▸ DIRECTIONS FOR THIS TASK: When you respond, restate each record exactly as it is given.

INPUT FOR THIS TASK below:

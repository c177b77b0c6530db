use crate::{Client, Server};

// No type of another crate is of this trait.
pub trait Sealed {}

impl Sealed for Client {}

impl Sealed for Server {}
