ghost use Rattle.std.specs.Prelude.{◌≡◌};
ghost use Rattle.der.specs.Reading.{plain_part, plain_optional};
ghost use Rattle.spnego.specs.Reading.{legal_test, part_of, inner_of, field_of};
ghost use Rattle.spnego.specs.Tokens.{wrapper};

use der::{ILLEGAL, is_bit_string, is_element, is_oid, only, optional};
use mech_types::MechTypeList;
use sspi::Fault;

// What a field of a token holds.
#[derive(Clone, Copy)]
pub enum Kind {
    Element,
    MechTypes,
    Oid,
    BitString,
    OctetString,
}

impl Kind {
    // The tag of the element around a part of this kind, if the part is not an element itself.
    pub fn wrapper(self) -> Option<u8>
        ensures { result ≡ wrapper self }
    {
        match self {
            Kind::Element | Kind::MechTypes => None,
            Kind::Oid => Some(0x06),
            Kind::BitString => Some(0x03),
            Kind::OctetString => Some(0x04),
        }
    }

    // Takes that element off.
    fn part(self, content: &[u8]) -> Result<&[u8], Fault>
        ensures { plain_part result ≡ part_of self content.now }
    {
        match self.wrapper() {
            None => Ok(content),
            Some(tag) => only(content, tag),
        }
    }

    // Whether a field of this kind may hold the part.
    pub fn is_legal(self, part: &[u8]) -> bool
        ensures { result ≡ legal_test self part.now }
    {
        match self {
            Kind::Element => is_element(part),
            Kind::MechTypes => MechTypeList::read(part).is_ok(),
            Kind::Oid => is_oid(part),
            Kind::BitString => is_bit_string(part),
            Kind::OctetString => true,
        }
    }

    // The part that stands inside a field.
    fn inner(self, content: &[u8]) -> Result<&[u8], Fault>
        ensures { plain_part result ≡ inner_of self content.now }
    {
        let part = self.part(content)?;
        if !self.is_legal(part) {
            return Err(ILLEGAL);
        }
        Ok(part)
    }
}

// A field of a token, which may be absent: its tag, and what it holds.
#[derive(Clone, Copy)]
pub struct Field {
    pub tag: u8,
    pub kind: Kind,
}

impl Field {
    // The part that the field holds, if the input begins with its tag, and what follows.
    pub(crate) fn read(self, input: &[u8]) -> Result<(Option<&[u8]>, &[u8]), Fault>
        ensures { plain_optional result ≡ field_of self.tag self.kind input.now }
    {
        let (content, rest) = optional(input, self.tag)?;
        match content {
            None => Ok((None, rest)),
            Some(content) => Ok((Some(self.kind.inner(content)?), rest)),
        }
    }
}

End of INPUT FOR THIS TASK.

▸ SOLUTION TO THE EXERCISE:
repository c177b77b0c6530db
use crate::{Client, Server};

// No type of another crate is of this trait.
pub trait Sealed {}

impl Sealed for Client {}

impl Sealed for Server {}
ghost use Rattle.std.specs.Prelude.{◌≡◌};
ghost use Rattle.der.specs.Reading.{plain_part, plain_optional};
ghost use Rattle.spnego.specs.Reading.{legal_test, part_of, inner_of, field_of};
ghost use Rattle.spnego.specs.Tokens.{wrapper};

use der::{ILLEGAL, is_bit_string, is_element, is_oid, only, optional};
use mech_types::MechTypeList;
use sspi::Fault;

// What a field of a token holds.
#[derive(Clone, Copy)]
pub enum Kind {
    Element,
    MechTypes,
    Oid,
    BitString,
    OctetString,
}

impl Kind {
    // The tag of the element around a part of this kind, if the part is not an element itself.
    pub fn wrapper(self) -> Option<u8>
        ensures { result ≡ wrapper self }
    {
        match self {
            Kind::Element | Kind::MechTypes => None,
            Kind::Oid => Some(0x06),
            Kind::BitString => Some(0x03),
            Kind::OctetString => Some(0x04),
        }
    }

    // Takes that element off.
    fn part(self, content: &[u8]) -> Result<&[u8], Fault>
        ensures { plain_part result ≡ part_of self content.now }
    {
        match self.wrapper() {
            None => Ok(content),
            Some(tag) => only(content, tag),
        }
    }

    // Whether a field of this kind may hold the part.
    pub fn is_legal(self, part: &[u8]) -> bool
        ensures { result ≡ legal_test self part.now }
    {
        match self {
            Kind::Element => is_element(part),
            Kind::MechTypes => MechTypeList::read(part).is_ok(),
            Kind::Oid => is_oid(part),
            Kind::BitString => is_bit_string(part),
            Kind::OctetString => true,
        }
    }

    // The part that stands inside a field.
    fn inner(self, content: &[u8]) -> Result<&[u8], Fault>
        ensures { plain_part result ≡ inner_of self content.now }
    {
        let part = self.part(content)?;
        if !self.is_legal(part) {
            return Err(ILLEGAL);
        }
        Ok(part)
    }
}

// A field of a token, which may be absent: its tag, and what it holds.
#[derive(Clone, Copy)]
pub struct Field {
    pub tag: u8,
    pub kind: Kind,
}

impl Field {
    // The part that the field holds, if the input begins with its tag, and what follows.
    pub(crate) fn read(self, input: &[u8]) -> Result<(Option<&[u8]>, &[u8]), Fault>
        ensures { plain_optional result ≡ field_of self.tag self.kind input.now }
    {
        let (content, rest) = optional(input, self.tag)?;
        match content {
            None => Ok((None, rest)),
            Some(content) => Ok((Some(self.kind.inner(content)?), rest)),
        }
    }
}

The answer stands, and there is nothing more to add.